Dilution of the anionic phospholipid DPPG with zwitterionic phospholipids such as DPPC lowers the DOX binding ability of liposomes [169], but it also effectively inhibits the formation of crystalline aggregates as seen by the tendency of bilayers with a higher DPPG content to form more intensive high-melting peaks at lower DOX concentrations (Figure 23).

Figure 24: Scanning electron microscopy image of a condensed aggregate of DPPC/DPPG and DOX in formulations, containing 70 mol% DPPC, 30 mol% DPPG, and 140 eq% DOX.

The fluidizing effect of DOX on anionic phospholipid membranes, suggested in the literature [179], has been observed in the above thermograms (Figure 23) in terms of peak broadening and flattening. These peak shape changes can be numerically represented as the ratio between the peak width at half peak height (W0.5) and the peak height (H). For example, in binary mixtures of 10 mol% DPPG and 90 mol% DPPC increasing DOX concentrations cause a continuous increase of the W0.5 / H coefficient i.e. membrane fluidizing until 100 eq%

of DOX are reached (Figure 25, solid line). Beyond this mark the membrane fluidity steeply

declines and crystalline complexes are bound in the final stage. Interestingly, the MB yield follows the same progression as represented by the dashed line plot. This finding together with several further examples later on corroborates the hypothesis that the phospholipid cooperativity is a major factor for the stability of MB shell. This opinion has already been maintained by other authors and witnessed by fluorescence microscopy [14, 79, 93].

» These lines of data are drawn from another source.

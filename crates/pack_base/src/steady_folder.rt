//! A folder in memory whose reads never fail.
ghost use Rattle.std.specs.Prelude.{◌≡◌, ◌≤◌, ◌<◌, ◌^◌, [], None, Some, IsSome, IsOk, IsErr, IfOk, OnOk, OnErr, length};
ghost use Rattle.pack_base.specs.Counts.{counted, HasCause};
ghost use Rattle.pack_base.specs.Outside.{Appended, Changes, Holds, Later, PartAppended, PartMade, ReadsAt, SameFaults, bytes_at};

use crate::held::{copy_piece, hold};
use crate::outside::{Failed, Folder};
use pack_model::Memory;
use std::alloc::Global;
use std::collections::HashMap;

/// Files in memory whose reads never fail: a name that was never put is an empty file. A creation or an append
/// always fails, and changes nothing.
#[derive(Drop)]
pub struct SteadyFolder {
    alloc: Global,
    files: HashMap<String, Vec<u8>>,
    write_faults: u64,
    given: u64,
}

impl SteadyFolder {
    ghost use Rattle.pack_base.specs.SteadyFolder.{IsNewFolder, files_of, given_by, write_faults_of};

    /// A folder whose files are all empty.
    pub fn new(alloc: Global) -> SteadyFolder
        ensures { IsNewFolder result }
    {
        SteadyFolder {
            alloc,
            files: HashMap::new(alloc),
            write_faults: 0,
            given: 0,
        }
    }

    /// Puts a file with these bytes in the place of what was there. It is no call of `Folder`.
    pub fn put(&mut self, name: &str, bytes: &[u8]) -> Result<(), Memory>
        ensures ok { OnOk result (Changes name.now (Holds bytes.now) (files_of self.old) (files_of self.new)) }
        ensures err { OnErr result (Changes name.now (λ before now. now ≡ before) (files_of self.old) (files_of self.new)) }
        ensures write_faults { write_faults_of self.new [] ≡ write_faults_of self.old [] }
        ensures given { given_by self.new [] ≡ given_by self.old [] }
    {
        hold(self.alloc, &mut self.files, name, bytes)?;
        Ok(())
    }
}

impl Folder for SteadyFolder {
    ghost use Rattle.pack_base.specs.SteadyFolder.{files_of, given_by, read_faults_of, write_faults_of};

    ghost files = { files_of };

    ghost read_faults = { read_faults_of };

    ghost write_faults = { write_faults_of };

    ghost given = { given_by };

    fn read_at(&mut self, name: &str, at: u64, buf: &mut [u8]) -> Result<usize, Failed>
        requires { at < 2 ^ 63 }
        ensures count { IfOk result (λ n. n ≤ length buf.old) }
        ensures bytes { IfOk result (λ n. IsSome (files_of self.old) → ReadsAt (bytes_at (files_of self.old) name.now) at n buf.new) }
        ensures files { files_of self.new ≡ files_of self.old }
        ensures given { IfOk result (λ n. given_by self.new name.now ≡ counted (given_by self.old name.now) n) }
        ensures none_given { OnErr result (given_by self.new name.now ≡ given_by self.old name.now) }
        ensures later { Later read_faults_of write_faults_of given_by self.old self.new }
        ensures cause { HasCause (read_faults_of self.old name.now) (read_faults_of self.new name.now) result }
        ensures quiet { OnOk result (SameFaults read_faults_of write_faults_of self.old self.new) }
        ensures steady { IsOk result }
    {
        let count = match self.files.get(name) {
            Some(file) => copy_piece(file.as_slice(), at, usize::MAX, buf),
            None => 0,
        };
        self.given = self.given.saturating_add(count as u64);
        Ok(count)
    }

    fn create(&mut self, name: &str) -> Result<(), Failed>
        ensures made { OnOk result (Changes name.now (Holds []) (files_of self.old) (files_of self.new)) }
        ensures failed { OnErr result (Changes name.now PartMade (files_of self.old) (files_of self.new)) }
        ensures later { Later read_faults_of write_faults_of given_by self.old self.new }
        ensures cause { HasCause (write_faults_of self.old name.now) (write_faults_of self.new name.now) result }
        ensures quiet { OnOk result (SameFaults read_faults_of write_faults_of self.old self.new) }
        ensures refuses { IsErr result }
        ensures files { files_of self.new ≡ files_of self.old }
    {
        let _ = name;
        self.write_faults = self.write_faults.saturating_add(1);
        Err(Failed)
    }

    fn append(&mut self, name: &str, bytes: &[u8]) -> Result<(), Failed>
        ensures made { OnOk result (Changes name.now (Appended bytes.now) (files_of self.old) (files_of self.new)) }
        ensures failed { OnErr result (Changes name.now (PartAppended bytes.now) (files_of self.old) (files_of self.new)) }
        ensures later { Later read_faults_of write_faults_of given_by self.old self.new }
        ensures cause { HasCause (write_faults_of self.old name.now) (write_faults_of self.new name.now) result }
        ensures quiet { OnOk result (SameFaults read_faults_of write_faults_of self.old self.new) }
        ensures refuses { IsErr result }
        ensures files { files_of self.new ≡ files_of self.old }
    {
        let _ = name;
        let _ = bytes;
        self.write_faults = self.write_faults.saturating_add(1);
        Err(Failed)
    }
}
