//! Each fake once, the reading of a whole file, and the real folder on a real file.
use super::*;
use std::alloc::{AllocError, Global};
use std::io::Read;
use std::test::Fail;
use std::{fs, io};

fn holds(folder: &MemFolder, name: &str, bytes: &[u8]) -> bool {
    match folder.get(name) {
        Some(held) => held == bytes,
        None => false,
    }
}

#[test]
fn files_in_memory(rt: HostRuntime) -> Result<(), Fail> {
    let mut folder = MemFolder::new(rt.alloc());
    folder.put("n", b"abc").map_err(|_| "memory")?;
    folder.fail_at(3).map_err(|_| "memory")?;
    assert!(rt; holds(&folder, "n", b"abc"));
    assert!(rt; folder.get("m").is_none());
    let mut piece = [0u8; 2];
    assert_eq!(rt; folder.read_at("n", 1, &mut piece), Ok(2));
    assert_eq!(rt; piece.as_slice(), b"bc".as_slice());
    assert_eq!(rt; folder.append("n", b"de"), Ok(()));
    assert_eq!(rt; folder.append("n", b"fg"), Err(Failed), "the third call");
    assert_eq!(rt; folder.append("n", b"h"), Ok(()));
    assert!(rt; holds(&folder, "n", b"abcdeh"));
    assert_eq!(rt; folder.create("n"), Ok(()));
    assert_eq!(rt; folder.append("m", b"x"), Ok(()));
    assert!(rt; holds(&folder, "n", b""));
    assert!(rt; holds(&folder, "m", b"x"));
    assert_eq!(rt; folder.read_at("none", 0, &mut piece), Err(Failed));
    assert_eq!(rt; folder.refused(), 0);
    Ok(())
}

#[test]
fn short_reads_and_a_front_of_calls(rt: HostRuntime) -> Result<(), Fail> {
    let mut folder = MemFolder::new(rt.alloc());
    folder.put("n", b"abc").map_err(|_| "memory")?;
    folder.short_reads(1);
    folder.fail_from(3).map_err(|_| "memory")?;
    let mut piece = [0u8; 2];
    for want in [Ok(1), Ok(1), Err(Failed), Err(Failed)] {
        assert_eq!(rt; folder.read_at("n", 1, &mut piece), want);
    }
    Ok(())
}

fn sevens(alloc: Global, count: usize) -> Result<Vec<u8>, AllocError> {
    vec![in alloc; 7u8; count]
}

fn read_up_to(
    alloc: Global,
    folder: &mut MemFolder,
    name: &str,
    limit: u32,
) -> Result<Vec<u8>, ReadWhole> {
    read_whole(alloc, folder, name, u64::from(limit))
}

#[test]
fn whole_files(rt: HostRuntime) -> Result<(), Fail> {
    let alloc = rt.alloc();
    let mut folder = MemFolder::new(alloc);
    let text = sevens(alloc, 70000)?;
    folder.put("n", &text).map_err(|_| "memory")?;
    folder.fail_at(9).map_err(|_| "memory")?;
    for (limit, size) in [(70000, Some(70000)), (100000, Some(70000)), (69999, None)] {
        match read_up_to(alloc, &mut folder, "n", limit) {
            Ok(read) => assert_eq!(rt; Some(read.len()), size, "at {limit}"),
            Err(e) => assert!(rt; size.is_none() && e == ReadWhole::TooLarge, "at {limit}"),
        }
    }
    for (name, want) in [("n", ReadWhole::ReadFault), ("m", ReadWhole::ReadFault)] {
        match read_up_to(alloc, &mut folder, name, 70000) {
            Ok(_) => assert!(rt; false, "the second read fails, and there is no m"),
            Err(e) => assert_eq!(rt; e, want),
        }
    }
    Ok(())
}

#[test]
fn lines_in_memory(rt: HostRuntime) -> Result<(), Fail> {
    let mut sink = MemSink::new(rt.alloc());
    sink.fail_at(2).map_err(|_| "memory")?;
    assert_eq!(rt; sink.say(b"one\n"), Ok(()));
    assert_eq!(rt; sink.say(b"two\n"), Err(Failed));
    assert_eq!(rt; sink.say(b"three\n"), Ok(()));
    assert_eq!(rt; sink.said(), b"one\nthree\n".as_slice());
    assert_eq!(rt; sink.refused(), 0);
    Ok(())
}

#[test]
fn steady_files_and_no_lines(rt: HostRuntime) -> Result<(), Fail> {
    let mut folder = SteadyFolder::new(rt.alloc());
    folder.put("n", b"abc").map_err(|_| "memory")?;
    let mut piece = [0u8; 8];
    for (name, at, count) in [("n", 0, 3), ("n", 2, 1), ("n", 3, 0), ("none", 0, 0)] {
        assert_eq!(rt;
            folder.read_at(name, at, &mut piece),
            Ok(count),
            "{name} from {at}"
        );
    }
    assert_eq!(rt; folder.create("n"), Err(Failed));
    assert_eq!(rt; folder.append("n", b"d"), Err(Failed));
    assert_eq!(rt; NullSink.say(b"nothing"), Ok(()));
    OpenGate.enter(0);
    Ok(())
}

// A reader that signals interrupt so many times before it gives a byte.
#[derive(Drop)]
struct Interrupted(u8);

impl Read for Interrupted {
    fn read(&mut self, buf: &mut [u8]) -> io::Result<usize> {
        if self.0 > 0 {
            self.0 -= 1;
            return Err(io::Error::from(io::ErrorKind::Interrupted));
        }
        match buf.first_mut() {
            Some(first) => {
                *first = 7;
                Ok(1)
            }
            None => Ok(0),
        }
    }
}

#[test]
fn interrupted_reads(rt: HostRuntime) -> Result<(), Fail> {
    let mut piece = [0u8; 2];
    assert_eq!(rt; real::read_some(&mut Interrupted(3), &mut piece)?, 1);
    assert_eq!(rt; piece.as_slice(), [7, 0].as_slice());
    Ok(())
}

#[test]
fn real_files(rt: HostRuntime) -> Result<(), Fail> {
    let name = "pack_base_real_files";
    let mut folder = RealFolder::new(rt.clone()?);
    assert_eq!(rt; folder.create(name), Ok(()));
    assert_eq!(rt; folder.append(name, b"abc"), Ok(()));
    assert_eq!(rt; folder.append(name, b"de"), Ok(()));
    let mut piece = [0u8; 8];
    assert_eq!(rt; folder.read_at(name, 1, &mut piece), Ok(4));
    assert_eq!(rt; folder.read_at(name, 5, &mut piece), Ok(0));
    fs::remove_file(&rt, name)?;
    assert_eq!(rt; folder.read_at(name, 0, &mut piece), Err(Failed));
    assert_eq!(rt; folder.create("no such folder/x"), Err(Failed));
    let mut out = RealOut::new(rt.clone()?);
    assert_eq!(rt; out.say(b"said\n"), Ok(()));
    Ok(())
}

#[test]
fn real_file_over_a_longer_one(rt: HostRuntime) -> Result<(), Fail> {
    let name = "pack_base_real_file_over_a_longer_one";
    let mut folder = RealFolder::new(rt.clone()?);
    for bytes in [b"abcde".as_slice(), b"fg".as_slice()] {
        assert_eq!(rt; folder.create(name), Ok(()));
        assert_eq!(rt; folder.append(name, bytes), Ok(()));
    }
    assert_eq!(rt; fs::read(&rt, name)?.as_slice(), b"fg".as_slice());
    fs::remove_file(&rt, name)?;
    Ok(())
}
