//! Files in memory, by name.
ghost use Rattle.std.specs.Prelude.{◌≡◌, ◌≤◌, ◌-◌, Some, OnOk, OnErr, length, min};
ghost use Rattle.pack_base.specs.Held.{IsSame, held_at};
ghost use Rattle.pack_base.specs.Outside.{Appended, Changes, Holds, ReadsAt};

use std::alloc::{AllocError, Global};
use std::collections::HashMap;

/// Copies the bytes of a file from a place on into the front of a buffer, at most so many, and answers how many.
pub fn copy_piece(file: &[u8], at: u64, most: usize, buf: &mut [u8]) -> usize
    requires { 1 ≤ most }
    ensures count { result ≡ min (length file.now - at) (min (length buf.old) most) }
    ensures bytes { ReadsAt file.now at result buf.new }
{
    let length = file.len() as u64;
    if at >= length {
        return 0;
    }
    let rest = &file[at as usize..];
    let count = rest.len().min(buf.len().min(most));
    buf[..count].copy_from_slice(&rest[..count]);
    count
}

/// Makes a name's file hold these bytes.
pub fn hold(
    alloc: Global,
    files: &mut HashMap<String, Vec<u8>>,
    name: &str,
    bytes: &[u8],
) -> Result<(), AllocError>
    ensures ok { OnOk result (Changes name.now (Holds bytes.now) (Some (held_at files.old)) (Some (held_at files.new))) }
    ensures err { OnErr result (IsSame files.old files.new) }
{
    let name = String::from_str(alloc, name)?;
    let bytes = Vec::from_slice(alloc, bytes)?;
    files.insert(name, bytes)?;
    Ok(())
}

/// Puts bytes at the end of a name's file; one that is missing counts as empty.
pub fn lengthen(
    alloc: Global,
    files: &mut HashMap<String, Vec<u8>>,
    name: &str,
    bytes: &[u8],
) -> Result<(), AllocError>
    ensures ok { OnOk result (Changes name.now (Appended bytes.now) (Some (held_at files.old)) (Some (held_at files.new))) }
    ensures err { OnErr result (IsSame files.old files.new) }
{
    match files.get_mut(name) {
        Some(file) => {
            file.extend_from_slice(bytes)?;
            Ok(())
        }
        None => hold(alloc, files, name, bytes),
    }
}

Figure 25: Transition peak flattening and broadening (solid line) of peak 1, appearing at about 41°C, in binary mixtures of 10 mol% DPPG and 90 mol% DPPC at DOX concentrations, increasing from 0 eq% to 180 eq%

according to the concentration of DPPG. The dashed line represents the progression of MB yield produced upon mechanical agitation.

The key result of this study was the selection of suitable concentrations for the formulation of DOX-loaded liposomal MB precursors. The choice criteria for the optimum formulation range were: a) the highest molar ratio between DOX and total phospholipid (greatest loading amount of DOX); and b) the highest bilayer fluidity derived from the lowest height of the melting peak, arising below 41 °C (peak 1). The selected interval of 20 mol% DPPG and between 60 eq% and 100 eq% DOX satisfied both requirements, although a better membrane fluidity was existing under 10 mol% DPPG and 100 eq% DOX, yet the drug loading was then lower. Further on in this work, the range of 20 mol% DPPG and 60 eq% to 100 eq% DOX will be used as a milestone for further optimizations and development of DOX-loaded MBs.